[[ Source records open ]]

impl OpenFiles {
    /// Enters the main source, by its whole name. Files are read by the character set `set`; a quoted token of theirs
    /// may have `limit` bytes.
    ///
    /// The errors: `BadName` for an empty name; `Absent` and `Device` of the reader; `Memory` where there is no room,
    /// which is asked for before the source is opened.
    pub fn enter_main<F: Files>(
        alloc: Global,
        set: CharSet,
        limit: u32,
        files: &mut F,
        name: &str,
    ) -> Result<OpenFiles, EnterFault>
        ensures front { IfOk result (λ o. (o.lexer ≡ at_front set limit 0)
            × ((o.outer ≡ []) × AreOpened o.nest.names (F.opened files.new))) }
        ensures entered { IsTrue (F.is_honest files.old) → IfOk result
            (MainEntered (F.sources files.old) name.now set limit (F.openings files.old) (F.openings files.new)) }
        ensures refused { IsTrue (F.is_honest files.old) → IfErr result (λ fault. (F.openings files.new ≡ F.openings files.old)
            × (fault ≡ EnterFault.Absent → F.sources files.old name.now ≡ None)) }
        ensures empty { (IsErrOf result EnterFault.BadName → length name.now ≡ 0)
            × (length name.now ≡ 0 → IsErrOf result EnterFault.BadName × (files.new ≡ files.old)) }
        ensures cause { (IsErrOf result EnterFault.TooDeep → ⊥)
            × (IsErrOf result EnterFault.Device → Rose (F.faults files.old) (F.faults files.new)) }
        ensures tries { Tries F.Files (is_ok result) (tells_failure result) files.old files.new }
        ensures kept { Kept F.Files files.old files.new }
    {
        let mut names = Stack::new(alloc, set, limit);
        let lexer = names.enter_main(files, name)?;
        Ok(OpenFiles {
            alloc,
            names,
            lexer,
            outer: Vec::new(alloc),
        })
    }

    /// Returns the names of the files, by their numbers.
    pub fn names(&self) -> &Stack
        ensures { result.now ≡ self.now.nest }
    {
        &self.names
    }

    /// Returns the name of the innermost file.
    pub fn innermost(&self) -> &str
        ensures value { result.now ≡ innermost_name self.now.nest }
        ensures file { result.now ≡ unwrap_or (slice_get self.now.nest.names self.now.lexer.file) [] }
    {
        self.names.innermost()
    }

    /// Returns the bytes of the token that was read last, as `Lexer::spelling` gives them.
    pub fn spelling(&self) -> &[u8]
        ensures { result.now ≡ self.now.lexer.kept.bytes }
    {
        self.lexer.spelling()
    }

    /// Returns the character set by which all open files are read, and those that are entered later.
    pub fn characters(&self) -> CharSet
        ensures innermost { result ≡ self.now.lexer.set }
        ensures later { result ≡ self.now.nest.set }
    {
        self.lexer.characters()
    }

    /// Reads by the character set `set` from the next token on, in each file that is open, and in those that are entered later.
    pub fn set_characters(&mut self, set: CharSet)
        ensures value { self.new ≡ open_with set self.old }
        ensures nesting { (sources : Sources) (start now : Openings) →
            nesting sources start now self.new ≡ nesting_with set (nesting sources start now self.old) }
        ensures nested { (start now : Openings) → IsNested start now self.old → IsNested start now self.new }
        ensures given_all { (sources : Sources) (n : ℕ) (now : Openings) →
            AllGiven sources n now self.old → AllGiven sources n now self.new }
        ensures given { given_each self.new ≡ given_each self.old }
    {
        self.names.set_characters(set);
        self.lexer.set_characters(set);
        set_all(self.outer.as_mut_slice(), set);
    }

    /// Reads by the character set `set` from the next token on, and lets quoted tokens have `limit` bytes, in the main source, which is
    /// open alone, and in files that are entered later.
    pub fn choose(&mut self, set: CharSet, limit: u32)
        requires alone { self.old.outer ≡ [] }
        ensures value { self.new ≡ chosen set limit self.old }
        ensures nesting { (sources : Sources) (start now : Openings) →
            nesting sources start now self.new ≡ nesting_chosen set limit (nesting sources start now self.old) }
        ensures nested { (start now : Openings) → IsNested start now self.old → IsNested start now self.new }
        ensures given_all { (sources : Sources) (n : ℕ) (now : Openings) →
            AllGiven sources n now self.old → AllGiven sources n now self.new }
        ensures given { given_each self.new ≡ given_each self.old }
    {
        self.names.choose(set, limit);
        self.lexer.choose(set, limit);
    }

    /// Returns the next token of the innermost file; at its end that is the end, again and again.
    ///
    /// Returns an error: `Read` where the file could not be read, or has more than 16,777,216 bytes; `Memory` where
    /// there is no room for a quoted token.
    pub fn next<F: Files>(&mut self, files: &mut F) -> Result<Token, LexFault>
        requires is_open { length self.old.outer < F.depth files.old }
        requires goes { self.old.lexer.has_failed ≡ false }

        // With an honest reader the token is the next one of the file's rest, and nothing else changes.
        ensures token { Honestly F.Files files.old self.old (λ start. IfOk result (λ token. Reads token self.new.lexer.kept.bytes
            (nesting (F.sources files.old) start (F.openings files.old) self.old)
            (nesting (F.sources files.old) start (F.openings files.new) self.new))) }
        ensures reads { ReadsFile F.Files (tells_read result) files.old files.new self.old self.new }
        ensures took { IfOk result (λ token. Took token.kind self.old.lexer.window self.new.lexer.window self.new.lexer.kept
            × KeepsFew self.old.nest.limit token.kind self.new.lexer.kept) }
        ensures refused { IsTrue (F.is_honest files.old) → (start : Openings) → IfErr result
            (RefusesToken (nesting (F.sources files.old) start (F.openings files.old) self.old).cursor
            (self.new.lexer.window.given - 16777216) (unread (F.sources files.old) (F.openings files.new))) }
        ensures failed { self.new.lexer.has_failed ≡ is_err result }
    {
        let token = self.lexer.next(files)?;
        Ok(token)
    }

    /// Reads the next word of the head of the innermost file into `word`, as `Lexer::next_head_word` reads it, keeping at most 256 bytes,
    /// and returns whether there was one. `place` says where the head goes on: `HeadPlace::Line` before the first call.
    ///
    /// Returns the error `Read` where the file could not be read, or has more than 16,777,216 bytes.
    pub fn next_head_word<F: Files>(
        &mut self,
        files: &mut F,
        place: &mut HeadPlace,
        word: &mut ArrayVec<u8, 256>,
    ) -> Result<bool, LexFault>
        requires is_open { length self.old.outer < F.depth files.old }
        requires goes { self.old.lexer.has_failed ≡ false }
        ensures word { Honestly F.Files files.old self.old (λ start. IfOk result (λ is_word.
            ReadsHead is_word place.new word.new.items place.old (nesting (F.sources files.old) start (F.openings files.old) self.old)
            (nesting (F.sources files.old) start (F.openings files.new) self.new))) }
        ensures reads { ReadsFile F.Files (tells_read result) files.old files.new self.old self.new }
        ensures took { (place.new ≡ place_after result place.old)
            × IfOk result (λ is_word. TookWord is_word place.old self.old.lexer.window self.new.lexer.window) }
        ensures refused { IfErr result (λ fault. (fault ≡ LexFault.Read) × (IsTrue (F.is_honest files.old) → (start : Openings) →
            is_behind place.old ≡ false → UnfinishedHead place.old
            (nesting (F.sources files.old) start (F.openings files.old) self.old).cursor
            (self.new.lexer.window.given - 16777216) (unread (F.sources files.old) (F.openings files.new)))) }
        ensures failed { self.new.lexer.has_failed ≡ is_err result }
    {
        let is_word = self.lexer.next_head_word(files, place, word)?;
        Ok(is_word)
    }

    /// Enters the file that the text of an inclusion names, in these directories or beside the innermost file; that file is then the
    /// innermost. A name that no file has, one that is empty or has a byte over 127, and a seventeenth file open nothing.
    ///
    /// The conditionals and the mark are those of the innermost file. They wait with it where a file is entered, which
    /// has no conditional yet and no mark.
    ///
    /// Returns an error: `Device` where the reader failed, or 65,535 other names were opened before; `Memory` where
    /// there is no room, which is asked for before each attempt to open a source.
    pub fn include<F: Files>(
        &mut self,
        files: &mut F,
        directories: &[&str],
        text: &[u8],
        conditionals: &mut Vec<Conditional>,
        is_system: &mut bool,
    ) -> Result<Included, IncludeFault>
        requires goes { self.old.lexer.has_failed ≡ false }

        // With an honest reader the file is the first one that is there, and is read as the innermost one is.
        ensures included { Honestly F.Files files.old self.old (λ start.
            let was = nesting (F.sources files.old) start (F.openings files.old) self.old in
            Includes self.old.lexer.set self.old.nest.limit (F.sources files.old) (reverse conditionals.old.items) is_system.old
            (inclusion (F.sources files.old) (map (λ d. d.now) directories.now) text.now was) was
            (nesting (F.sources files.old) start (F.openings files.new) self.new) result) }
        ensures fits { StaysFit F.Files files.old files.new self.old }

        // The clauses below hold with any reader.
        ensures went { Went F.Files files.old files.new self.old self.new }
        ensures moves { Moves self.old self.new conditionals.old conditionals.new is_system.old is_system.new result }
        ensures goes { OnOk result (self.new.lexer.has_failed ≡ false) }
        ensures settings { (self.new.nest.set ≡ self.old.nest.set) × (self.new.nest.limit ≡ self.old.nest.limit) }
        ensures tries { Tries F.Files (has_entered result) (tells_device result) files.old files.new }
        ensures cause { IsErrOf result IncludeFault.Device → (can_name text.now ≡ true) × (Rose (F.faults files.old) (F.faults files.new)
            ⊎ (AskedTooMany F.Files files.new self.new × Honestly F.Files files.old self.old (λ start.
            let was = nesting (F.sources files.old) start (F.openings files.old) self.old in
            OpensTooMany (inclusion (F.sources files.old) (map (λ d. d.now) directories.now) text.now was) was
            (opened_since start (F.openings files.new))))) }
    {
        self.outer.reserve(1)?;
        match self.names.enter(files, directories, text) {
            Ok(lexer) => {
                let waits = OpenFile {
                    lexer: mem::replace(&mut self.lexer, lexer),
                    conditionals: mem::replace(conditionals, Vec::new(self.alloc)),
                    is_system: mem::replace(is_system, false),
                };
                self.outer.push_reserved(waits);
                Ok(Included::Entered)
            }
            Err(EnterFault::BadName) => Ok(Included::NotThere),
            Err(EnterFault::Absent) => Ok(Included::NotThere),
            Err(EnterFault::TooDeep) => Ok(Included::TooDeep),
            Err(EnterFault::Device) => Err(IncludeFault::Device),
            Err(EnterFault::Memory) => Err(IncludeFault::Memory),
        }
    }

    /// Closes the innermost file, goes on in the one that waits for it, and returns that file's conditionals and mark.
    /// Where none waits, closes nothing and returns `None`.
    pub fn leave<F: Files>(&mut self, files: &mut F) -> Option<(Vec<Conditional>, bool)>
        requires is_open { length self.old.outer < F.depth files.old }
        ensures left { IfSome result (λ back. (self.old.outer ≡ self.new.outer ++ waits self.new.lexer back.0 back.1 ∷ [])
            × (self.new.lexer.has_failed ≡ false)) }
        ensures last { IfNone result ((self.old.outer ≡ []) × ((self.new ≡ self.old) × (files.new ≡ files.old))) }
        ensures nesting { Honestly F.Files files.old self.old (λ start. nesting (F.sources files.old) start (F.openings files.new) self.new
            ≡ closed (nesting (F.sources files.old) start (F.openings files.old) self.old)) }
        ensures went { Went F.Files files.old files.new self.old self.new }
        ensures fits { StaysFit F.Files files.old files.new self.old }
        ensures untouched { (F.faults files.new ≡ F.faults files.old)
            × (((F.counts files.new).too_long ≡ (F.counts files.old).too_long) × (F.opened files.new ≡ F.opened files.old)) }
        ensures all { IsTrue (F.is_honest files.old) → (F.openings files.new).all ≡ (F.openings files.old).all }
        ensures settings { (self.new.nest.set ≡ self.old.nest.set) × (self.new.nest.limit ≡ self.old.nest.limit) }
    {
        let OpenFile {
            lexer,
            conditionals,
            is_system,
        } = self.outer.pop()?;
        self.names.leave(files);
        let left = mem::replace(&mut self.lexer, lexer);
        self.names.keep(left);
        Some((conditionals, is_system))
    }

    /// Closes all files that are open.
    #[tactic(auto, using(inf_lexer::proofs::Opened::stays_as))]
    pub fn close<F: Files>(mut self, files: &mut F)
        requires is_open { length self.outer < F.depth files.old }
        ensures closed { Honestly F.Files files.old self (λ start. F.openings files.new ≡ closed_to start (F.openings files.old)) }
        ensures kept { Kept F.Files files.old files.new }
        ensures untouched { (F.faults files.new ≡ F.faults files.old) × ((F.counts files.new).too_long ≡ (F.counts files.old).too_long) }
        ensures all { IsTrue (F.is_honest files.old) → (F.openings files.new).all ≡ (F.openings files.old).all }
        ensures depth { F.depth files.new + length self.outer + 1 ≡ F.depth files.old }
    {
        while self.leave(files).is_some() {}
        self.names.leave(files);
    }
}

[[ Source records closed ]]

**Task to carry out**
Print exactly the lines above from the one with "pub fn characters(&self) -> CharSet" to the one with "in those that are entered later.", including both.

**Completed task**
    pub fn characters(&self) -> CharSet
        ensures innermost { result ≡ self.now.lexer.set }
        ensures later { result ≡ self.now.nest.set }
    {
        self.lexer.characters()
    }

    /// Reads by the character set `set` from the next token on, in each file that is open, and in those that are entered later.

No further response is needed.